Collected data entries
//! The consumer: it takes the chunks of a stream and adds up their first column.
ghost use Rattle.std.specs.Prelude.{◌≡◌, ◌≤◌, ◌+◌, [], IsTrue};
ghost use Rattle.data_types.specs.KindTrees.{TypedOk};
ghost use Rattle.data_types.specs.promise.TypedView.{typed_of};
ghost use Rattle.layout_rules.specs.promise.Walk.{ChunkOk};
ghost use Rattle.stream_face.specs.Meaning.{meaning};
ghost use Rattle.stream_face.specs.Streams.{kept};
ghost use Rattle.unit_pass.specs.declared.pass.TheConstants.{CHUNK, ROOM, SUPPLY};

use arr_import::Col;
use data_types::Typed;
use edge_io::OpenGate;
use layout_rules::chunks_are_tables;
use raw_array::RawArray;
use std::alloc::Global;
use std::thread::Threads;
use stream_face::{ArrayStream, NoTap, RawStream, StreamFault};
use unit_pass::{CHUNK, Pass, ROOM, SUPPLY};

/// How many chunks are taken at most.
const MOST: u32 = 1000;

/// The rows, and the sum of those whose number isn't null.
#[derive(Clone, Copy)]
pub struct Total {
    pub rows: u64,
    pub sum: i128,
}

/// Adds up a chunk.
fn add(total: &mut Total, typed: &Typed, chunk: &RawArray)
    requires types { TypedOk (typed_of typed.now) }
    requires lawful { ChunkOk (typed_of typed.now) chunk.now }
{
    chunks_are_tables();
    let table = Col::of(typed, chunk);
    if table.n_children() == 0 {
        return;
    }
    let numbers = table.child(0);
    for row in 0..numbers.len() {
        total.rows = total.rows.saturating_add(1);
        total.sum = total.sum.saturating_add(numbers.whole(row).unwrap_or(0));
    }
}

/// Takes the chunks of a stream, each of which is released.
///
/// # Errors
///
/// Why the stream refused; none where it gave too many chunks.
fn take<S: ArrayStream, R: Threads + Sync>(
    rt: &R,
    alloc: Global,
    stream: &mut RawStream<S>,
    pass: &mut Pass,
) -> Result<Total, Option<StreamFault>>
    requires live { IsTrue (meaning S.state stream.old).live }
    requires room { ROOM ≤ pass.old.units }
    ensures live { (meaning S.state stream.new).live ≡ (meaning S.state stream.old).live }
    ensures held { (meaning S.state stream.new).held ≡ (meaning S.state stream.old).held }
    ensures units { pass.new.units ≡ pass.old.units }
{
    let mut total = Total { rows: 0, sum: 0 };
    let mut chunk = RawArray::released();
    for _ in 0..MOST {
        let code = stream.next(rt, alloc, &mut chunk, pass, &mut NoTap, &OpenGate);
        if code != 0 {
            chunk.discard();
            return Err(stream.fault());
        }
        if chunk.is_released() {
            chunk.discard();
            return Ok(total);
        }
        add(&mut total, stream.typed(), &chunk);
        chunk.release(pass);
    }
    chunk.discard();
    Err(None)
}

/// Releases a stream with all below it.
pub fn end<S: ArrayStream>(stream: S, pass: &mut Pass)
    requires supply { pass.old.units + kept (S.state stream) ≤ SUPPLY }
    ensures units { pass.new.units ≡ pass.old.units + kept (S.state stream) }
{
    let mut stream = stream;
    stream.release(pass);
    stream.discard();
}

/// Adds up what a lawful stream gives, and releases it. None where it refused.
pub fn read<S: ArrayStream, R: Threads + Sync>(
    rt: &R,
    alloc: Global,
    stream: S,
    pass: &mut Pass,
) -> Option<Total>
    requires live { IsTrue (S.state stream).live }
    requires lawful { IsTrue (S.state stream).lawful }
    requires own_link { (S.state stream).joints 1 ≡ [] }
    requires room { ROOM + CHUNK ≤ pass.old.units }
    requires supply { pass.old.units + kept (S.state stream) ≤ SUPPLY }
    ensures units { pass.new.units ≡ pass.old.units + kept (S.state stream) }
{
    match RawStream::start(alloc, stream, 1, pass) {
        Ok(mut checked) => {
            let total = take(rt, alloc, &mut checked, pass);
            checked.release(pass);
            checked.discard();
            total.ok()
        }
        Err((stream, _fault)) => {
            end(stream, pass);
            None
        }
    }
}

## Directions for this task
From the records above, extract every line exactly as it stands.

## Response area
//! The consumer: it takes the chunks of a stream and adds up their first column.
ghost use Rattle.std.specs.Prelude.{◌≡◌, ◌≤◌, ◌+◌, [], IsTrue};
ghost use Rattle.data_types.specs.KindTrees.{TypedOk};
ghost use Rattle.data_types.specs.promise.TypedView.{typed_of};
ghost use Rattle.layout_rules.specs.promise.Walk.{ChunkOk};
ghost use Rattle.stream_face.specs.Meaning.{meaning};
ghost use Rattle.stream_face.specs.Streams.{kept};
ghost use Rattle.unit_pass.specs.declared.pass.TheConstants.{CHUNK, ROOM, SUPPLY};

use arr_import::Col;
use data_types::Typed;
use edge_io::OpenGate;
use layout_rules::chunks_are_tables;
use raw_array::RawArray;
use std::alloc::Global;
use std::thread::Threads;
use stream_face::{ArrayStream, NoTap, RawStream, StreamFault};
use unit_pass::{CHUNK, Pass, ROOM, SUPPLY};

/// How many chunks are taken at most.
const MOST: u32 = 1000;

/// The rows, and the sum of those whose number isn't null.
#[derive(Clone, Copy)]
pub struct Total {
    pub rows: u64,
    pub sum: i128,
}

/// Adds up a chunk.
fn add(total: &mut Total, typed: &Typed, chunk: &RawArray)
    requires types { TypedOk (typed_of typed.now) }
    requires lawful { ChunkOk (typed_of typed.now) chunk.now }
{
    chunks_are_tables();
    let table = Col::of(typed, chunk);
    if table.n_children() == 0 {
        return;
    }
    let numbers = table.child(0);
    for row in 0..numbers.len() {
        total.rows = total.rows.saturating_add(1);
        total.sum = total.sum.saturating_add(numbers.whole(row).unwrap_or(0));
    }
}

/// Takes the chunks of a stream, each of which is released.
///
/// # Errors
///
/// Why the stream refused; none where it gave too many chunks.
fn take<S: ArrayStream, R: Threads + Sync>(
    rt: &R,
    alloc: Global,
    stream: &mut RawStream<S>,
    pass: &mut Pass,
) -> Result<Total, Option<StreamFault>>
    requires live { IsTrue (meaning S.state stream.old).live }
    requires room { ROOM ≤ pass.old.units }
    ensures live { (meaning S.state stream.new).live ≡ (meaning S.state stream.old).live }
    ensures held { (meaning S.state stream.new).held ≡ (meaning S.state stream.old).held }
    ensures units { pass.new.units ≡ pass.old.units }
{
    let mut total = Total { rows: 0, sum: 0 };
    let mut chunk = RawArray::released();
    for _ in 0..MOST {
        let code = stream.next(rt, alloc, &mut chunk, pass, &mut NoTap, &OpenGate);
        if code != 0 {
            chunk.discard();
            return Err(stream.fault());
        }
        if chunk.is_released() {
            chunk.discard();
            return Ok(total);
        }
        add(&mut total, stream.typed(), &chunk);
        chunk.release(pass);
    }
    chunk.discard();
    Err(None)
}

/// Releases a stream with all below it.
pub fn end<S: ArrayStream>(stream: S, pass: &mut Pass)
    requires supply { pass.old.units + kept (S.state stream) ≤ SUPPLY }
    ensures units { pass.new.units ≡ pass.old.units + kept (S.state stream) }
{
    let mut stream = stream;
    stream.release(pass);
    stream.discard();
}

/// Adds up what a lawful stream gives, and releases it. None where it refused.
pub fn read<S: ArrayStream, R: Threads + Sync>(
    rt: &R,
    alloc: Global,
    stream: S,
    pass: &mut Pass,
) -> Option<Total>
    requires live { IsTrue (S.state stream).live }
    requires lawful { IsTrue (S.state stream).lawful }
    requires own_link { (S.state stream).joints 1 ≡ [] }
    requires room { ROOM + CHUNK ≤ pass.old.units }
    requires supply { pass.old.units + kept (S.state stream) ≤ SUPPLY }
    ensures units { pass.new.units ≡ pass.old.units + kept (S.state stream) }
{
    match RawStream::start(alloc, stream, 1, pass) {
        Ok(mut checked) => {
            let total = take(rt, alloc, &mut checked, pass);
            checked.release(pass);
            checked.discard();
            total.ok()
        }
        Err((stream, _fault)) => {
            end(stream, pass);
            None
        }
    }
}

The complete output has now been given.